Your objective: For the data below, say how many lines contain "nothing". Only the number should be given.

++++ Records for this exercise

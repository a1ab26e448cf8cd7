//! Whether the counts of a path are small enough for its calls.

ghost use Rattle.std.specs.Prelude.{◌≡◌, ◌<◌, ◌≤◌, ℕ, ◌+◌, ◌*◌, ◌^◌, true};
ghost use Rattle.wf_def_world.specs.Group.{bss_count};
ghost use Rattle.wf_def_lists.specs.Bounds.{greatest_tick};
ghost use Rattle.wf_frame.specs.declared.classes.Class.{Class as ClassName};
ghost use Rattle.wf_send_half.specs.Half.{IsLive};
ghost use Rattle.wf_send_parts.specs.Group.{HasGroupBelow};
ghost use Rattle.wf_send_half_model.specs.Half.{TransmitValue, group_in};
ghost use Rattle.wf_path.specs.Paths.{HasCountsBelow, IsSmall};
ghost use Rattle.wf_path.specs.Small.{IsSmallIn};

use crate::Path;
use wf_frame::{COUNT_LIMIT, Class};
use wf_send_parts::group::GROUP_AIR_LIMIT;

impl Path {
    /// Returns whether the clock, the counts of exchanges and of accepted frames, the airtime of each live
    /// station in each class, and the counts of group frames of each BSS are below 2^62, as `call`,
    /// `accept_group`, `done_bits` and `done_bytes` require. A driver need not ask before each call: if all
    /// of them are below a number, they are below this number plus 10,000,000 after a call (clause `rises`).
    /// So they stay small for the first 2^38 calls (`first_calls_law`).
    pub fn has_small_counts(&self) -> bool
        ensures small { result ≡ true → IsSmall self.now.half }
        ensures large { IsSmall self.now.half → result ≡ true }
    {
        self.now() < COUNT_LIMIT
            && self.exchanges() < COUNT_LIMIT
            && self.tally().accepted < COUNT_LIMIT
            && self.has_small_groups()
            && self.has_small_sums()
    }

    // Returns whether the counts of group frames of each BSS are small.
    fn has_small_groups(&self) -> bool
        ensures small { result ≡ true → (b : ℕ) → HasGroupBelow (2 ^ 62) (group_in self.now.half b) }
        ensures large { ((b : ℕ) → HasGroupBelow (2 ^ 62) (group_in self.now.half b)) → result ≡ true }
    {
        let _ = &self.half;
        for bss in 0..self.bss_count() {
            if !self.has_small_group(bss as u8) {
                return false;
            }
        }
        true
    }

    // Returns whether the counts of group frames of a BSS are small.
    fn has_small_group(&self, bss: u8) -> bool
        requires { bss < bss_count self.now.half.config.bsses }
        ensures small { result ≡ true → HasGroupBelow (2 ^ 62) (group_in self.now.half bss) }
        ensures large { HasGroupBelow (2 ^ 62) (group_in self.now.half bss) → result ≡ true }
    {
        let counts = self.group_counts(bss);
        counts.accepted < COUNT_LIMIT
            && counts.numbers < COUNT_LIMIT
            && counts.sent < COUNT_LIMIT / GROUP_AIR_LIMIT
    }

    // Returns whether the airtimes of each station are small.
    fn has_small_sums(&self) -> bool
        ensures small { result ≡ true → (s : ℕ) (c : ClassName) → IsSmallIn self.now.half s c }
        ensures large { ((s : ℕ) (c : ClassName) → IsSmallIn self.now.half s c) → result ≡ true }
    {
        let _ = &self.half;
        for station in 0..256u16 {
            if !self.is_small_at(station) {
                return false;
            }
        }
        true
    }

    // Returns whether the airtimes of a station are small in each class.
    fn is_small_at(&self, station: u16) -> bool
        ensures small { result ≡ true → (c : ClassName) → IsSmallIn self.now.half station c }
        ensures large { ((c : ClassName) → IsSmallIn self.now.half station c) → result ≡ true }
    {
        !self.live(station)
            || (self.is_small_in(station, Class::Bk)
                && self.is_small_in(station, Class::Be)
                && self.is_small_in(station, Class::Vi)
                && self.is_small_in(station, Class::Vo))
    }

    // Returns whether the airtimes of a live station are small in a class.
    fn is_small_in(&self, station: u16, class: Class) -> bool
        requires live { IsLive self.now.half station }
        ensures small { result ≡ true → IsSmallIn self.now.half station class }
        ensures large { IsSmallIn self.now.half station class → result ≡ true }
    {
        self.charged(station, class) < COUNT_LIMIT && self.received(station, class) < COUNT_LIMIT
    }
}

/// After at most 2^38 calls the counts of a path are small: those of a new path are below 1 (clause `none` of
/// `Path::new`), and each call adds at most 10,000,000 to this bound (clause `rises`).
pub fn first_calls_law()
    ensures { (v : TransmitValue) (calls : ℕ) → calls ≤ 2 ^ 38 →
        HasCountsBelow (1 + calls * greatest_tick) v → IsSmall v }
{}
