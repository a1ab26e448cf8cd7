//! The octets of an open exchange, and how a driver ends one.

ghost use Rattle.std.specs.Prelude.{◌≡◌, ◌≤◌, ℕ, Some, option_map, take, drop, length, IfOk, OnOk, OnErr};
ghost use Rattle.wf_frame.specs.Frames.{FrameValue};
ghost use Rattle.wf_def_world.specs.World.{World};
ghost use Rattle.wf_send_half_model.specs.Standing.{StandsFor};
ghost use Rattle.std.specs.Result.{result_err};
ghost use Rattle.wf_path.specs.Answers.{block_ack_in};
ghost use Rattle.wf_path.specs.Transmissions.{octets_sent, header_sent};
ghost use Rattle.wf_path.specs.Writing.{write_fault, mpdu_fault, write_header_fault};
ghost use Rattle.wf_path.specs.Driver.{IsEnded, end_fault};
ghost use Rattle.wf_path.specs.Paths.{IsPath, IsSmall, RiseLittle};

use crate::answers::read_block_ack;
use crate::writing::{write_header, write_transmission};
use crate::{DoneFault, Path, PathFault};
use wf_frame::Brief;
use wf_octets::bits::Bits256;
use wf_octets::header::DATA_HEADER_OCTETS;
use wf_octets::seq12::Seq12;

impl Path {
    /// Ends an exchange: its station is charged, and each frame that it sent is settled. `heard` is the start
    /// and the bits of the BlockAck that was heard (IEEE 802.11-2012, 8.3.1.9), if one was; the first 64 bits
    /// count, or all 256 if the TID's window is above 64. A number that never went on the air waits again,
    /// whatever the BlockAck shows. Each other number that it shows is acknowledged; a number that it does
    /// not show fails if the device will not try it again or if it was sent `attempts` times, else it waits
    /// again. A request is heard if anything was. If `air` is given, the station is charged `air`
    /// microseconds instead of the computed charge. Refused as NoExchange if the exchange is not open, as
    /// NoAnswer if something was heard though nothing of it went on the air and it is no batch, then as
    /// BadAir if `air` is 0 or above the setting `charge`.
    ///
    /// The numbers of a batch are not those on the air, so `done_each` ends it. Here the bits would have to
    /// show its own numbers, and each of these that they do not show fails.
    pub fn done_bits(
        &mut self,
        exchange: u64,
        heard: Option<(Seq12, Bits256)>,
        air: Option<u32>,
    ) -> Brief
        requires small { IsSmall self.old.half }
        ensures { IsEnded self.old exchange heard air self.new result }
    {
        match self.half.done(exchange, heard, air) {
            Ok(ended) => Brief::Done {
                acked: ended.acked,
                waiting: ended.waiting,
                failed: ended.failed,
            },
            Err(reason) => Brief::Refused(reason),
        }
    }

    /// Ends an exchange as `done_bits` does, by the octets of the BlockAck that was heard. Returns the fault
    /// NoExchange if the exchange is not open, else the first check of the octets that fails; a fault changes
    /// nothing. If the octets pass, the answer may still be the refusal NoAnswer or BadAir.
    pub fn done_bytes(
        &mut self,
        exchange: u64,
        heard: Option<&[u8]>,
        air: Option<u32>,
    ) -> Result<Brief, DoneFault>
        requires small { IsSmall self.old.half }
        ensures fault { (w : World) (bodies : ℕ → FrameValue) → StandsFor self.old.half w bodies →
            result_err result ≡ end_fault self.old.addresses w exchange
            (option_map (λ octets. octets.now) heard.entry) }
        ensures unchanged { OnErr result (self.new ≡ self.old) }
        ensures ended { IfOk result (λ brief. IsEnded self.old exchange
            (option_map (λ octets. block_ack_in octets.now) heard.entry) air self.new brief) }
        ensures addresses { self.new.addresses ≡ self.old.addresses }
        ensures path { IsPath self.new.half }
        ensures rises { RiseLittle self.old.half self.new.half }
    {
        let shown = match heard {
            Some(octets) => Some(read_block_ack(&self.half, &self.addresses, exchange, octets)?),
            None if self.sent(exchange).is_some() => None,
            None => return Err(DoneFault::NoExchange),
        };
        Ok(self.done_bits(exchange, shown, air))
    }

    /// Writes only the header of a data transmission of an open exchange (8.3.2.1), for a driver that sends
    /// the body from its own buffer. Returns NoExchange if the exchange is not open, or BadIndex if it has no
    /// data of that index, as a BlockAckReq has none; then `out` is unchanged.
    pub fn header(
        &self,
        exchange: u64,
        index: u16,
        out: &mut [u8; DATA_HEADER_OCTETS],
    ) -> Result<(), PathFault>
        ensures fault { (w : World) (bodies : ℕ → FrameValue) → StandsFor self.now.half w bodies →
            result_err result ≡ write_header_fault w exchange index }
        ensures unchanged { OnErr result (out.new ≡ out.old) }
        ensures octets { OnOk result ((w : World) (bodies : ℕ → FrameValue) →
            StandsFor self.now.half w bodies →
            header_sent self.now.addresses w bodies exchange index ≡ Some out.new) }
    {
        write_header(&self.half, &self.addresses, exchange, index, out)
    }

    /// Writes the octets of one transmission of an open exchange, a data frame or a BlockAckReq (8.3.2.1 and
    /// 8.3.1.8), and returns their number. The rest of `out` is unchanged; after a fault all of it is. If the
    /// transmission exists and its frame is bare, the fault is NoBody: call `header`, and send the body from
    /// its owner's buffer.
    pub fn mpdu(&self, exchange: u64, index: u16, out: &mut [u8]) -> Result<usize, PathFault>
        ensures fault { (w : World) (bodies : ℕ → FrameValue) → StandsFor self.now.half w bodies →
            result_err result ≡ mpdu_fault self.now.addresses w bodies exchange index
            (length out.old) }
        ensures unchanged { OnErr result (out.new ≡ out.old) }
        ensures octets { IfOk result (λ n. (w : World) (bodies : ℕ → FrameValue) →
            StandsFor self.now.half w bodies →
            octets_sent self.now.addresses w bodies exchange index ≡ Some (take n out.new)) }
        ensures within { IfOk result (λ n. n ≤ length out.new) }
        ensures rest { IfOk result (λ n. drop n out.new ≡ drop n out.old) }
    {
        match self.frame_is_bare(exchange, index) {
            Some(true) => Err(PathFault::NoBody),
            _ => self.mpdu_with_zeros(exchange, index, out),
        }
    }

    /// Writes the octets of one transmission as `mpdu` does, but with zeros for the body of a bare frame, as
    /// a capture or a receiver that is simulated has it.
    pub fn mpdu_with_zeros(
        &self,
        exchange: u64,
        index: u16,
        out: &mut [u8],
    ) -> Result<usize, PathFault>
        ensures fault { (w : World) (bodies : ℕ → FrameValue) → StandsFor self.now.half w bodies →
            result_err result ≡ write_fault self.now.addresses w bodies exchange index
            (length out.old) }
        ensures unchanged { OnErr result (out.new ≡ out.old) }
        ensures octets { IfOk result (λ n. (w : World) (bodies : ℕ → FrameValue) →
            StandsFor self.now.half w bodies →
            octets_sent self.now.addresses w bodies exchange index ≡ Some (take n out.new)) }
        ensures within { IfOk result (λ n. n ≤ length out.new) }
        ensures rest { IfOk result (λ n. drop n out.new ≡ drop n out.old) }
    {
        write_transmission(&self.half, &self.addresses, exchange, index, out)
    }
}
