/// A query of a half returns the same as that query of the world: who is live, who can send and is ready,
/// whether one of a BSS sleeps, which TIDs have an agreement, which frames are queued or wait, which
/// exchanges are open, and which of their airtime counts against a station's deficit. The scheduler keeps the deficit less
/// this airtime.
pub fn the_readers_agree()
    ensures live { (v : TransmitValue) (w : World) (bodies : ℕ → FrameValue) (s : ℕ) → Parts v w bodies →
        is_some (member v.members s) ≡ is_live w s }
    ensures queued { (v : TransmitValue) (w : World) (bodies : ℕ → FrameValue) (s t : ℕ) → Parts v w bodies →
        is_live w s ≡ true → t < 8 →
        frames_of_tid v.flows (tid_number s t) ≡ world_queued w s t }
    ensures due { (v : TransmitValue) (w : World) (bodies : ℕ → FrameValue) (s t : ℕ) → Parts v w bodies →
        is_live w s ≡ true → t < 8 →
        is_some (window_of v.windows s t).due ≡ request_due (session w s t) }
    ensures waiting { (v : TransmitValue) (w : World) (bodies : ℕ → FrameValue) (s t : ℕ) → Parts v w bodies →
        is_live w s ≡ true → t < 8 →
        some_wait (window_of v.windows s t) ≡ has_waiting w s t }
    ensures numbers_waiting { (v : TransmitValue) (w : World) (bodies : ℕ → FrameValue) (s t : ℕ) →
        Parts v w bodies → is_live w s ≡ true → t < 8 →
        count_by waits (window_of v.windows s t).places ≡ numbers_waiting w s t }
    ensures agreed { (v : TransmitValue) (w : World) (bodies : ℕ → FrameValue) (s t : ℕ) →
        Parts v w bodies → is_live w s ≡ true → t < 8 →
        is_agreed_of v s t ≡ is_agreed w s t }
    ensures held_back { (v : TransmitValue) (w : World) (bodies : ℕ → FrameValue) (s t : ℕ) →
        Parts v w bodies → is_live w s ≡ true → t < 8 →
        is_held_back_of v s t ≡ is_held_back w s t }
    ensures offloaded { (v : TransmitValue) (w : World) (bodies : ℕ → FrameValue) (s : ℕ) → Parts v w bodies →
        is_offloaded_in v.members s ≡ is_offloaded w s }
    ensures plain { (v : TransmitValue) (w : World) (bodies : ℕ → FrameValue) (s t : ℕ) →
        Parts v w bodies → is_live w s ≡ true → t < 8 →
        is_plain_of v s t ≡ is_plain w s t }
    ensures can_give { (v : TransmitValue) (w : World) (bodies : ℕ → FrameValue) (s t : ℕ) →
        Parts v w bodies → is_live w s ≡ true → t < 8 → request_due (session w s t) ≡ false →
        can_give_of v s t ≡ can_give w s t }
    ensures can_send { (v : TransmitValue) (w : World) (bodies : ℕ → FrameValue) (s t : ℕ) →
        Parts v w bodies → is_live w s ≡ true → t < 8 →
        can_send_of v s t ≡ can_send w s t }
    ensures can_send_in { (v : TransmitValue) (w : World) (bodies : ℕ → FrameValue) (s : ℕ) (c : Class) →
        Parts v w bodies → is_live w s ≡ true →
        (can_send_of v s (lower_tid c) || can_send_of v s (upper_tid c)) ≡ can_send_in w s c }
    ensures ready { (v : TransmitValue) (w : World) (bodies : ℕ → FrameValue) (c : Class) (s : ℕ) →
        Parts v w bodies → is_ready_of v c s ≡ is_ready w c s }
    ensures to_list { (v : TransmitValue) (w : World) (bodies : ℕ → FrameValue) (c : Class) (s : ℕ) →
        Parts v w bodies → is_to_list_of v c s ≡ is_to_list w c s }
    ensures pending { (v : TransmitValue) (w : World) (bodies : ℕ → FrameValue) (s : ℕ) (c : Class) →
        Parts v w bodies → pending_air_of v s c ≡ pending_air w s c }
    ensures deficit { (v : TransmitValue) (w : World) (bodies : ℕ → FrameValue) (s : ℕ) (c : Class) →
        Parts v w bodies → is_live w s ≡ true →
        deficit v.sched c s +ℤ pos (pending_air_of v s c) ≡ (share w s c).deficit }
    ensures asks { (v : TransmitValue) (w : World) (bodies : ℕ → FrameValue) (s t : ℕ) → Parts v w bodies →
        asks v.opened s t ≡ request_open w s t }
    ensures exchange { (v : TransmitValue) (w : World) (bodies : ℕ → FrameValue) (e : ℕ) → Parts v w bodies →
        find (λ x. x.number == e) v.opened ≡ option_map open_of (exchange w e) }
    ensures of_station { (v : TransmitValue) (w : World) (bodies : ℕ → FrameValue) (s : ℕ) →
        Parts v w bodies →
        count_by (λ x. x.station == s) v.opened ≡ open_of_station w s }
    ensures of_tid { (v : TransmitValue) (w : World) (bodies : ℕ → FrameValue) (s t : ℕ) → Parts v w bodies →
        count_by (λ x. (x.station == s) && (x.tid == t)) v.opened ≡ open_of_tid w s t }
    ensures of_class { (v : TransmitValue) (w : World) (bodies : ℕ → FrameValue) (c : Class) →
        Parts v w bodies →
        count_by (λ x. same_class x.class c) v.opened ≡ open_of_class w c }
    ensures airtime { (v : TransmitValue) (w : World) (bodies : ℕ → FrameValue) → Parts v w bodies →
        airtime_of v.opened ≡ owed_by_all w.opened }
    ensures ahead { (v : TransmitValue) (w : World) (bodies : ℕ → FrameValue) → Parts v w bodies →
        is_ahead_of v ≡ is_at_aql_total w }
    ensures class_queued { (v : TransmitValue) (w : World) (bodies : ℕ → FrameValue) (s : ℕ) (c : Class) →
        Parts v w bodies → is_live w s ≡ true →
        frames_of_tid v.flows (tid_number s (lower_tid c)) + frames_of_tid v.flows
        (tid_number s (upper_tid c)) ≡ queued_in_class w s c }
    ensures any_tid { (v : TransmitValue) (w : World) (bodies : ℕ → FrameValue) (s : ℕ) → Parts v w bodies →
        is_live w s ≡ true → (p : Class → Bool) →
        list_any (λ t. p (class_of t) && can_send_of v s t) (upto 8) ≡ can_send_any w s p }
    ensures live_credit { (v : TransmitValue) (w : World) (bodies : ℕ → FrameValue) (s : ℕ) →
        Parts v w bodies → is_live w s ≡ true →
        has_live_credit_of v s ≡ has_live_credit w s }
    ensures first { (v : TransmitValue) (w : World) (bodies : ℕ → FrameValue) (s : ℕ) → Parts v w bodies →
        is_live w s ≡ true → (p : Class → Bool) →
        unwrap_or (find (λ c. p c && (can_send_of v s (lower_tid c) || can_send_of v s (upper_tid c)))
        (Vo ∷ Vi ∷ Be ∷ [])) Bk ≡ first_to_send w s p }
    ensures power_save { (v : TransmitValue) (w : World) (bodies : ℕ → FrameValue) (s : ℕ) →
        Parts v w bodies → is_live w s ≡ true → sleeper v.sleepers s ≡ sleeper_of (station w s) }
    ensures more { (v : TransmitValue) (w : World) (bodies : ℕ → FrameValue) (s : ℕ) → Parts v w bodies →
        is_live w s ≡ true → (p : Class → Bool) → has_more_in_of v s p ≡ has_more_in w s p }
    ensures any_asleep { (v : TransmitValue) (w : World) (bodies : ℕ → FrameValue) → Parts v w bodies →
        (b : ℕ) → is_any_asleep_of v b ≡ is_any_asleep w b }
{}

/// A refused call changes nothing, unless it is a pull that finds no ready station.
pub fn a_refusal()
    ensures { (v : TransmitValue) (w : World) (bodies : ℕ → FrameValue) (note : Note) (r : Refusal) →
        StandsFor v w bodies → refusal w note ≡ Some r →
        (r ≡ Idle → ⊥) →
        Meets w bodies note v (Refused r) }
{}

++++++++

Result: 3